• Assigned task
From the entries below, retype only the lines from the one with "Result<(i64, u8), AllocError>" through the one with "assert_eq!(rt; writes(alloc, &mut files, 4, 60_000)?, 60_000);", exactly as written.

(Dataset records)

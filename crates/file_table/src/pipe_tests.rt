use crate::tests::{close, dup, empty, number, open, reads, refused, set_flags, write};
use crate::{FileFault, Files};
use bitflags::Flags;
use call_table::OpenFlags;
use std::alloc::{AllocError, Global};

/// A pipe of which the reading end is 3 and the writing end is 4, beside three devices.
fn with_pipe(alloc: Global) -> Result<Files, AllocError> {
    let mut files = empty(alloc)?;
    let _ = pipe(alloc, &mut files, 0);
    Ok(files)
}

/// The two descriptors of a pipe as one number, the first one times 256; or the negated errno.
fn pipe(alloc: Global, files: &mut Files, flags: u64) -> i64 {
    match files.pipe(alloc, OpenFlags::from_bits_retain(flags)) {
        Ok((reader, writer)) => i64::from(reader) * 256 + i64::from(writer),
        Err(fault) => refused(fault),
    }
}

/// What a write of so many bytes answers.
fn writes(alloc: Global, files: &mut Files, fd: u64, size: usize) -> Result<i64, AllocError> {
    let bytes = vec![in alloc; 7; size]?;
    Ok(write(files, fd, bytes.as_slice()))
}

/// What a read of so many bytes answers, and the last byte that it gave; 0 where it gave none.
fn read_last(
    alloc: Global,
    files: &mut Files,
    fd: u64,
    size: usize,
) -> Result<(i64, u8), AllocError> {
    let mut bytes = vec![in alloc; 0; size]?;
    match files.read(fd, bytes.as_mut_slice()) {
        Ok(0) => Ok((0, 0)),
        Ok(count) => Ok((number(Ok(count)), bytes[count - 1])),
        Err(fault) => Ok((refused(fault), 0)),
    }
}

fn feed(files: &mut Files, device: usize, bytes: &[u8]) -> Result<(), AllocError> {
    files.feed(device, bytes)
}

#[test]
fn a_write_goes_whole_or_in_part_or_waits_by_its_size_and_the_room(
    rt: HostRuntime,
) -> Result<(), AllocError> {
    let alloc = rt.alloc();
    // the bytes that are there, the flags, the bytes that are written, the answer (waiting is -1000), and the room then
    let table = [
        (61_440, 0, 4_096, 4_096, 0),
        (61_441, 0, 4_096, -1_000, 4_095),
        (61_441, 0x800, 4_096, -11, 4_095),
        (61_440, 0, 4_097, -1_000, 4_096),
        (61_440, 0x800, 4_097, 4_096, 0),
        (61_441, 0x800, 4_097, 4_095, 0),
        (65_536, 0x800, 4_097, -11, 0),
        (65_536, 0, 1, -1_000, 0),
        (65_536, 0, 0, 0, 0),
        (0, 0, 70_000, -1_000, 65_536),
        (0, 0x800, 70_000, 65_536, 0),
        (0, 0, 65_536, 65_536, 0),
    ];
    for (there, flags, size, answer, room) in table {
        let mut files = with_pipe(alloc)?;
        let _ = writes(alloc, &mut files, 4, there)?;
        assert_eq!(rt; files.standing(3), Some(there as u64));
        assert_eq!(rt; set_flags(&mut files, 4, flags), 0);
        assert_eq!(rt; writes(alloc, &mut files, 4, size)?, answer);
        assert_eq!(rt; files.room(4), room);
        assert_eq!(rt; files.room(3), 0);
    }
    Ok(())
}

#[test]
fn bytes_come_in_their_order_also_round_the_end_of_the_ring(
    rt: HostRuntime,
) -> Result<(), AllocError> {
    let alloc = rt.alloc();
    let mut files = with_pipe(alloc)?;
    assert_eq!(rt; writes(alloc, &mut files, 4, 60_000)?, 60_000);
    assert_eq!(rt; read_last(alloc, &mut files, 3, 59_998)?, (59_998, 7));
    for part in 0..4 {
        let bytes = vec![in alloc; part; 4_000]?;
        assert_eq!(rt; write(&mut files, 4, bytes.as_slice()), 4_000);
    }
    assert_eq!(rt; files.standing(3), Some(16_002));
    assert_eq!(rt; read_last(alloc, &mut files, 3, 2)?, (2, 7));
    for part in 0..4 {
        assert_eq!(rt; read_last(alloc, &mut files, 3, 4_000)?, (4_000, part));
    }
    assert_eq!(rt; read_last(alloc, &mut files, 3, 1)?, (-1_000, 0));
    Ok(())
}

#[test]
fn a_pipe_without_writers_ends_and_one_without_readers_is_broken(
    rt: HostRuntime,
) -> Result<(), AllocError> {
    let alloc = rt.alloc();
    let mut files = with_pipe(alloc)?;
    assert_eq!(rt; dup(&mut files, 4, 0), 5);
    assert_eq!(rt; write(&mut files, 4, b"ab"), 2);
    assert_eq!(rt; close(&mut files, 4), 0);
    assert_eq!(rt; write(&mut files, 5, b"c"), 1);
    assert!(rt; reads(&mut files, 3, 8, 3, b"abc\0\0\0\0\0"));
    assert!(rt; reads(&mut files, 3, 8, -1_000, b"\0\0\0\0\0\0\0\0"));
    assert!(rt; reads(&mut files, 3, 0, 0, b"\0\0\0\0\0\0\0\0"));
    assert_eq!(rt; close(&mut files, 5), 0);
    assert!(rt; reads(&mut files, 3, 8, 0, b"\0\0\0\0\0\0\0\0"));
    assert_eq!(rt; pipe(alloc, &mut files, 0), 4 * 256 + 5);
    assert_eq!(rt; close(&mut files, 4), 0);
    assert_eq!(rt; write(&mut files, 5, b"x"), -32);
    assert_eq!(rt; write(&mut files, 5, b""), 0);
    assert_eq!(rt; write(&mut files, 3, b"x"), -9);
    assert!(rt; reads(&mut files, 5, 8, -9, b"\0\0\0\0\0\0\0\0"));
    Ok(())
}

#[test]
fn a_pipe_has_two_descriptors_or_none(rt: HostRuntime) -> Result<(), AllocError> {
    let alloc = rt.alloc();
    let mut files = empty(alloc)?;
    assert_eq!(rt; pipe(alloc, &mut files, 0x400), -22);
    assert_eq!(rt; pipe(alloc, &mut files, 0x80800), 3 * 256 + 4);
    assert!(rt; reads(&mut files, 3, 8, -11, b"\0\0\0\0\0\0\0\0"));
    for fd in 5..255 {
        assert_eq!(rt; dup(&mut files, 0, 0), fd);
    }
    assert_eq!(rt; pipe(alloc, &mut files, 0), -24);
    assert_eq!(rt; close(&mut files, 7), 0);
    assert_eq!(rt; pipe(alloc, &mut files, 0), 7 * 256 + 255);
    assert_eq!(rt; pipe(alloc, &mut files, 0), -24);
    Ok(())
}

#[test]
fn what_a_descriptor_is_ready_for(rt: HostRuntime) -> Result<(), AllocError> {
    let alloc = rt.alloc();
    let mut files = with_pipe(alloc)?;
    assert_eq!(rt; open(alloc, &mut files, b"f", 0x41), 5);
    assert_eq!(rt; open(alloc, &mut files, b"/", 0), 6);
    assert_eq!(rt; pipe(alloc, &mut files, 0), 7 * 256 + 8);
    assert_eq!(rt; pipe(alloc, &mut files, 0), 9 * 256 + 10);
    assert_eq!(rt; writes(alloc, &mut files, 8, 65_536)?, 65_536);
    assert_eq!(rt; write(&mut files, 10, b"x"), 1);
    assert_eq!(rt; close(&mut files, 9), 0);
    feed(&mut files, 1, b"x")?;
    feed(&mut files, 2, b"")?;
    assert!(rt; files.ended(2) && !files.ended(1) && !files.ended(9));
    // a device, one with bytes, one that has ended; the ends of an empty pipe, a file, a directory; the ends of a full
    // pipe; the writing end without a reader; and one that isn't open
    let table = [
        (0, 4),
        (1, 5),
        (2, 5),
        (3, 0),
        (4, 4),
        (5, 5),
        (6, 5),
        (7, 1),
        (8, 0),
        (10, 12),
        (11, 32),
    ];
    for (fd, bits) in table {
        assert_eq!(rt; files.readiness(fd), bits, "at {fd}");
    }
    assert_eq!(rt; close(&mut files, 8), 0);
    assert_eq!(rt; files.readiness(7), 17);
    assert_eq!(rt; close(&mut files, 4), 0);
    assert_eq!(rt; files.readiness(3), 16);
    Ok(())
}

#[test]
fn a_device_gives_what_came_in_up_to_its_end(rt: HostRuntime) -> Result<(), AllocError> {
    let mut files = empty(rt.alloc())?;
    assert!(rt; reads(&mut files, 0, 8, -1_000, b"\0\0\0\0\0\0\0\0"));
    feed(&mut files, 0, b"abc")?;
    feed(&mut files, 0, b"de")?;
    assert!(rt; reads(&mut files, 0, 3, 3, b"abc\0\0\0\0\0"));
    assert!(rt; reads(&mut files, 0, 8, 2, b"de\0\0\0\0\0\0"));
    assert!(rt; reads(&mut files, 0, 8, -1_000, b"\0\0\0\0\0\0\0\0"));
    feed(&mut files, 0, b"")?;
    feed(&mut files, 0, b"f")?;
    assert!(rt; reads(&mut files, 0, 8, 0, b"\0\0\0\0\0\0\0\0"));
    feed(&mut files, 3, b"f")?;
    assert_eq!(rt; files.standing(1), Some(0));
    assert_eq!(rt; files.standing(3), None);
    Ok(())
}

#[test]
fn the_ends_of_a_pipe_have_its_number(rt: HostRuntime) -> Result<(), AllocError> {
    let alloc = rt.alloc();
    let mut files = with_pipe(alloc)?;
    assert_eq!(rt; pipe(alloc, &mut files, 0), 5 * 256 + 6);
    assert_eq!(rt; pipe_of(&files, 3), Some(0));
    assert_eq!(rt; pipe_of(&files, 4), Some(0));
    assert_eq!(rt; pipe_of(&files, 6), Some(1));
    assert_eq!(rt; pipe_of(&files, 0), None);
    assert_eq!(rt; close(&mut files, 3), 0);
    assert_eq!(rt; pipe_of(&files, 4), Some(0));
    assert_eq!(rt; close(&mut files, 4), 0);
    assert_eq!(rt; pipe(alloc, &mut files, 0), 3 * 256 + 4);
    assert_eq!(rt; pipe_of(&files, 4), Some(0));
    Ok(())
}

/// The number of the pipe that a descriptor is open for.
fn pipe_of(files: &Files, fd: u64) -> Option<usize> {
    files.what(fd)?.pipe
}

(End Dataset records)

• Output of the exercise
) -> Result<(i64, u8), AllocError> {
    let mut bytes = vec![in alloc; 0; size]?;
    match files.read(fd, bytes.as_mut_slice()) {
        Ok(0) => Ok((0, 0)),
        Ok(count) => Ok((number(Ok(count)), bytes[count - 1])),
        Err(fault) => Ok((refused(fault), 0)),
    }
}

fn feed(files: &mut Files, device: usize, bytes: &[u8]) -> Result<(), AllocError> {
    files.feed(device, bytes)
}

#[test]
fn a_write_goes_whole_or_in_part_or_waits_by_its_size_and_the_room(
    rt: HostRuntime,
) -> Result<(), AllocError> {
    let alloc = rt.alloc();
    // the bytes that are there, the flags, the bytes that are written, the answer (waiting is -1000), and the room then
    let table = [
        (61_440, 0, 4_096, 4_096, 0),
        (61_441, 0, 4_096, -1_000, 4_095),
        (61_441, 0x800, 4_096, -11, 4_095),
        (61_440, 0, 4_097, -1_000, 4_096),
        (61_440, 0x800, 4_097, 4_096, 0),
        (61_441, 0x800, 4_097, 4_095, 0),
        (65_536, 0x800, 4_097, -11, 0),
        (65_536, 0, 1, -1_000, 0),
        (65_536, 0, 0, 0, 0),
        (0, 0, 70_000, -1_000, 65_536),
        (0, 0x800, 70_000, 65_536, 0),
        (0, 0, 65_536, 65_536, 0),
    ];
    for (there, flags, size, answer, room) in table {
        let mut files = with_pipe(alloc)?;
        let _ = writes(alloc, &mut files, 4, there)?;
        assert_eq!(rt; files.standing(3), Some(there as u64));
        assert_eq!(rt; set_flags(&mut files, 4, flags), 0);
        assert_eq!(rt; writes(alloc, &mut files, 4, size)?, answer);
        assert_eq!(rt; files.room(4), room);
        assert_eq!(rt; files.room(3), 0);
    }
    Ok(())
}

#[test]
fn bytes_come_in_their_order_also_round_the_end_of_the_ring(
    rt: HostRuntime,
) -> Result<(), AllocError> {
    let alloc = rt.alloc();
    let mut files = with_pipe(alloc)?;
    assert_eq!(rt; writes(alloc, &mut files, 4, 60_000)?, 60_000);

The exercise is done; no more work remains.